# The Month of LOVE! - The Flavour Mill



## DizZa (6/2/17)

The Month of Love is upon us!

To celebrate Valentines Day we at The Flavour Mill will be running insane specials on our Strawberries and Chocolates concentrates!

Put the love back in vaping and mix up some love for your other half!

Roses die, juice steep, do the smart thing this Valentines.





Promotion starts 7th of February 2017 and will be running until 15th of February 2017.

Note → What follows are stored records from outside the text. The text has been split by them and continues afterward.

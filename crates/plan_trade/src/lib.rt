// One link of a search: a turf that is met, and the trade with the turf in hand. One body serves `give_to_takers` and `take_from_givers`; what differs is the tests.
#![tactic(auto)]

ghost use Rattle.std.specs.Prelude.{◌≡◌, false, cond, ◌+◌, ◌≤◌, ◌<◌, length, get_or, IfSome};
ghost use Rattle.std.specs.Float.{nan};
ghost use Rattle.scratch.specs.Layout.{delta_at};
ghost use Rattle.rules_plan.specs.Plan.{settled, wants, trade, meet};
ghost use Rattle.plan_state.specs.Held.{area, plan_view, PlanFits, Ends, PlanDoes};
ghost use Rattle.plan_trade.specs.Steps.{lesser, bargain, point, along};
ghost use Rattle.plan_trade.specs.Hands.{Searching, Unsettled, SearchGoes, PassesBy};
ghost use Rattle.plan_trade.specs.Search.{MeetFits};

use index_set::{contains, insert};
use plan_state::{load, store};
use plan_tests::{more, settled, wants};
use rules_plan::{MonstermosInfo, Side};
use scratch::Layout;

// The turf in hand and the turf that is met.
#[derive(Clone, Copy)]
pub struct Both {
    pub hand: MonstermosInfo,
    pub met: MonstermosInfo,
}

// What the two come to once they traded, if they can.
pub fn barter(side: Side, hand: MonstermosInfo, met: MonstermosInfo) -> Both
    ensures { result ≡ bargain side hand met }
{
    let x = hand.delta;
    let y = met.delta;
    if !wants(side, y) {
        return Both { hand, met };
    }
    if more(side, x, y) {
        return Both {
            hand: MonstermosInfo { delta: 0.0, ..hand },
            met: MonstermosInfo {
                delta: y + x,
                amount: met.amount - x,
                ..met
            },
        };
    }
    Both {
        hand: MonstermosInfo {
            delta: x + y,
            ..hand
        },
        met: MonstermosInfo {
            delta: 0.0,
            amount: met.amount + y,
            ..met
        },
    }
}

// The turf in hand, g, and the turf that is met, a.
pub fn trade(side: Side, g: usize, a: usize, layout: Layout, words: &mut [u32], floats: &mut [f32])
    requires plan_fits { PlanFits layout.turfs layout.links (area words.old floats.old) }
    requires g_lt_n { g < layout.turfs }
    requires a_lt_n { a < layout.turfs }
    ensures { PlanDoes layout.turfs layout.links (λ o p. trade side g a p) (area words.old floats.old) (area words.new floats.new) }
{
    let hand = load(g, layout, words, floats);
    let met = load(a, layout, words, floats);
    let both = barter(side, hand, met);
    store(a, both.met, layout, words, floats);
    store(g, both.hand, layout, words, floats);
}

// Whether the turf at `row` has what the side wants.
fn wants_at(side: Side, row: usize, layout: Layout, floats: &[f32]) -> bool
    requires row_bound { row ≤ 4096 }
    requires e_in_bounds { delta_at row layout.links < length floats.now }
    ensures { result ≡ wants side (get_or floats.now (delta_at row layout.links) nan) }
{
    wants(side, floats[layout.delta_at(row)])
}

// The turf at row a points at d - 1, and has moved nothing yet.
pub fn point(a: usize, d: u32, layout: Layout, words: &mut [u32], floats: &mut [f32])
    requires plan_fits { PlanFits layout.turfs layout.links (area words.old floats.old) }
    requires a_lt_n { a < layout.turfs }
    ensures { PlanDoes layout.turfs layout.links (λ o p. point a d p) (area words.old floats.old) (area words.new floats.new) }
{
    words[layout.direction_at(a)] = d;
    floats[layout.amount_at(a)] = 0.0;
}

// A turf that is met for the first time, from r; whether it traded.
pub fn meet(
    side: Side,
    g: usize,
    r: u32,
    a: usize,
    layout: Layout,
    words: &mut [u32],
    floats: &mut [f32],
) -> bool
    requires { MeetFits g r a layout.turfs layout.links (area words.old floats.old) }
    ensures plan_does { PlanDoes layout.turfs layout.links (λ o p. meet side g r a p) (area words.old floats.old) (area words.new floats.new) }
    ensures value { result ≡ wants side (get_or (plan_view layout.turfs layout.links (area words.old floats.old)).plan.delta a nan) }
{
    point(a, r + 1, layout, words, floats);
    let can = wants_at(side, a, layout, floats);
    if can {
        trade(side, g, a, layout, words, floats);
    }
    can
}

// Whether the turf in hand is settled with what it has left, once it traded or didn't.
pub fn settles(traded: bool, side: Side, x: f32) -> bool
    ensures { result ≡ cond traded (settled side x) false }
{
    traded && settled(side, x)
}

// The lesser one.
pub fn least(a: usize, b: usize) -> usize
    ensures { result ≡ lesser a b }
{
    if a < b { a } else { b }
}

// The first place that traded, once the row at a place traded or didn't.
pub fn first_traded(traded: bool, first: usize, place: usize) -> usize
    ensures { result ≡ cond traded (lesser first place) first }
{
    if traded { least(first, place) } else { first }
}

// ---- one link of a search

// The turf in hand: its side, its row, its zone, and the turfs and links of the board.
#[derive(Clone, Copy)]
pub struct Hand {
    pub side: Side,
    pub g: usize,
    pub z: u32,
    pub layout: Layout,
}

// How many rows the queue has, and the first place whose row traded; n if none did.
#[derive(Clone, Copy)]
pub struct Reach {
    pub count: usize,
    pub first: usize,
}

// The same after a link, and whether the turf in hand is settled then.
#[derive(Clone, Copy)]
pub struct Step {
    pub count: usize,
    pub first: usize,
    pub done: bool,
}

// The link k of the turf r. The turf in hand isn't settled.
pub fn seek_link(
    hand: Hand,
    r: u32,
    k: usize,
    reach: Reach,
    neighbours: &[u32],
    words: &mut [u32],
    floats: &mut [f32],
) -> Step
    requires searching { Searching hand reach.count (area words.old floats.old) }
    requires unsettled { Unsettled hand (area words.old floats.old) }
    requires ends { Ends hand.layout.turfs hand.layout.links r (k + 1) neighbours.now }
    ensures fact { let ends = neighbours.now in SearchGoes hand r k (k + 1) ends (λ o t. along hand.side hand.g r ends hand.z o k t) reach.count reach.first result.count result.first (area words.old floats.old) (area words.new floats.new) }
    ensures done_value { result.done ≡ settled hand.side (get_or floats.new (delta_at hand.g hand.layout.links) nan) }
{
    let Hand { side, g, z, layout } = hand;
    let Reach { count, first } = reach;
    let unchanged = Step {
        count,
        first,
        done: false,
    };
    if words[k] != z + 1 {
        return unchanged;
    }
    let queue = layout.queue_at();
    let places = layout.places_at();
    let a = neighbours[k];
    if contains(a, count, layout.turfs, queue, places, words) {
        return unchanged;
    }
    insert(a, count, queue, places, words);
    let row = a as usize;
    words[layout.via_at(row)] = k as u32;
    let traded = meet(side, g, r, row, layout, words, floats);
    Step {
        count: count + 1,
        first: first_traded(traded, first, count),
        done: settles(traded, side, floats[layout.delta_at(g)]),
    }
}

// The link k of the turf r, and how many rows the queue has then: a step of `seek_link` without its trade, which costs a row ten instructions (docs/BENCH.md); none where it leads to a new row that wants: then nothing is done yet.
pub fn pass_link(
    hand: Hand,
    r: u32,
    k: usize,
    count: usize,
    neighbours: &[u32],
    words: &mut [u32],
    floats: &mut [f32],
) -> Option<usize>
    requires searching { Searching hand count (area words.old floats.old) }
    requires ends { Ends hand.layout.turfs hand.layout.links r (k + 1) neighbours.now }
    ensures floats_value { result ≡ None → area words.new floats.new ≡ area words.old floats.old }
    ensures fact { let ends = neighbours.now in IfSome result (λ c. PassesBy hand (λ g o s. along hand.side g r ends hand.z o k s) r k (k + 1) ends count c (area words.old floats.old) (area words.new floats.new)) }
{
    let Hand {
        side,
        z,
        layout,
        ..
    } = hand;
    if words[k] != z + 1 {
        return Some(count);
    }
    let queue = layout.queue_at();
    let places = layout.places_at();
    let a = neighbours[k];
    if contains(a, count, layout.turfs, queue, places, words) {
        return Some(count);
    }
    let row = a as usize;
    if wants_at(side, row, layout, floats) {
        return None;
    }
    insert(a, count, queue, places, words);
    words[layout.via_at(row)] = k as u32;
    point(row, r + 1, layout, words, floats);
    Some(count + 1)
}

Reactions: Like 2 | Winner 2 | Funny 4


----------



## Stosta (6/2/17)

DizZa said:


> ...Roses die, juice steep, do the smart thing this Valentines....



Hahaha!

Great promo @DizZa !

Reactions: Like 3 | Thanks 1


----------



## Rude Rudi (6/2/17)

Whoop!

Reactions: Like 3


----------



## SamuraiTheVapor (6/2/17)

This is exciting!

Reactions: Like 3


----------



## DizZa (7/2/17)

Valentines Specials are live, find them here, also Jungle Flavours now in stock here.

Reactions: Like 1 | Winner 2


----------



## Rude Rudi (7/2/17)

Some awesome deals there!

Reactions: Like 1 | Agree 1 | Thanks 2


----------



## Max (8/2/17)

Those prices are frikken frikken awesome @DizZa - just need to say very well done on the way that The Flavour Mill does it's all to keep everyone's attention -    - all the time - cc @Rooigevaar

Reactions: Agree 1 | Thanks 2


----------



## Taytay (8/2/17)

Max said:


> Those prices are frikken frikken awesome @DizZa - just need to say very well done on the way that The Flavour Mill does it's all to keep everyone's attention -    - all the time - cc @Rooigevaar


Absolutely!

Reactions: Like 1 | Thanks 1


----------



## Taytay (8/2/17)

Btw, also loving the new labels! They look and feel very durable

Reactions: Thanks 2


----------



## Effjh (8/2/17)

Yep TFM are the only DIY vendor consistently offering specials and they ALWAYS deliver top notch service. They also listen to our needs and are willing to bring in new products and expand their offering all the time. They really deserve all the success that come their way!

Reactions: Like 1 | Agree 1 | Winner 1 | Thanks 1


----------



## DizZa (8/2/17)

Effjh said:


> Yep TFM are the only DIY vendor consistently offering specials and they ALWAYS deliver top notch service. They also listen to our needs and are willing to bring in new products and expand their offering all the time. They really deserve all the success that come their way!



On this note @Effjh we are finalising our INW order.

And they are unfortunately out of stock on Waffle.

As soon as they have new stock available they promised to notify me.


----------



## Max (8/2/17)

@DizZa - not forgetting the INW Pineapple Pleeeeeez

Reactions: Like 2


----------



## DizZa (8/2/17)

Max said:


> @DizZa - not forgetting the INW Pineapple Pleeeeeez



That is indeed inbound sir!


----------



## Effjh (8/2/17)

DizZa said:


> On this note @Effjh we are finalising our INW order.
> 
> And they are unfortunately out of stock on Waffle.
> 
> As soon as they have new stock available they promised to notify me.



Thanks @DizZa, but it has come to my attention that they are discontinuing the Waffle. So no more Dutchies Stroopwafel for us

Reactions: Informative 1


----------



## DizZa (8/2/17)

Effjh said:


> Thanks @DizZa, but it has come to my attention that they are discontinuing the Waffle. So no more Dutchies Stroopwafel for us



Could you perhaps share where you got this info @Effjh ?


----------



## Effjh (8/2/17)

DizZa said:


> Could you perhaps share where you got this info @Effjh ?



https://www.reddit.com/r/DIY_eJuice/comments/5pyodc/psa_inw_waffle_has_been_discontinued/

Reactions: Like 1 | Thanks 1


----------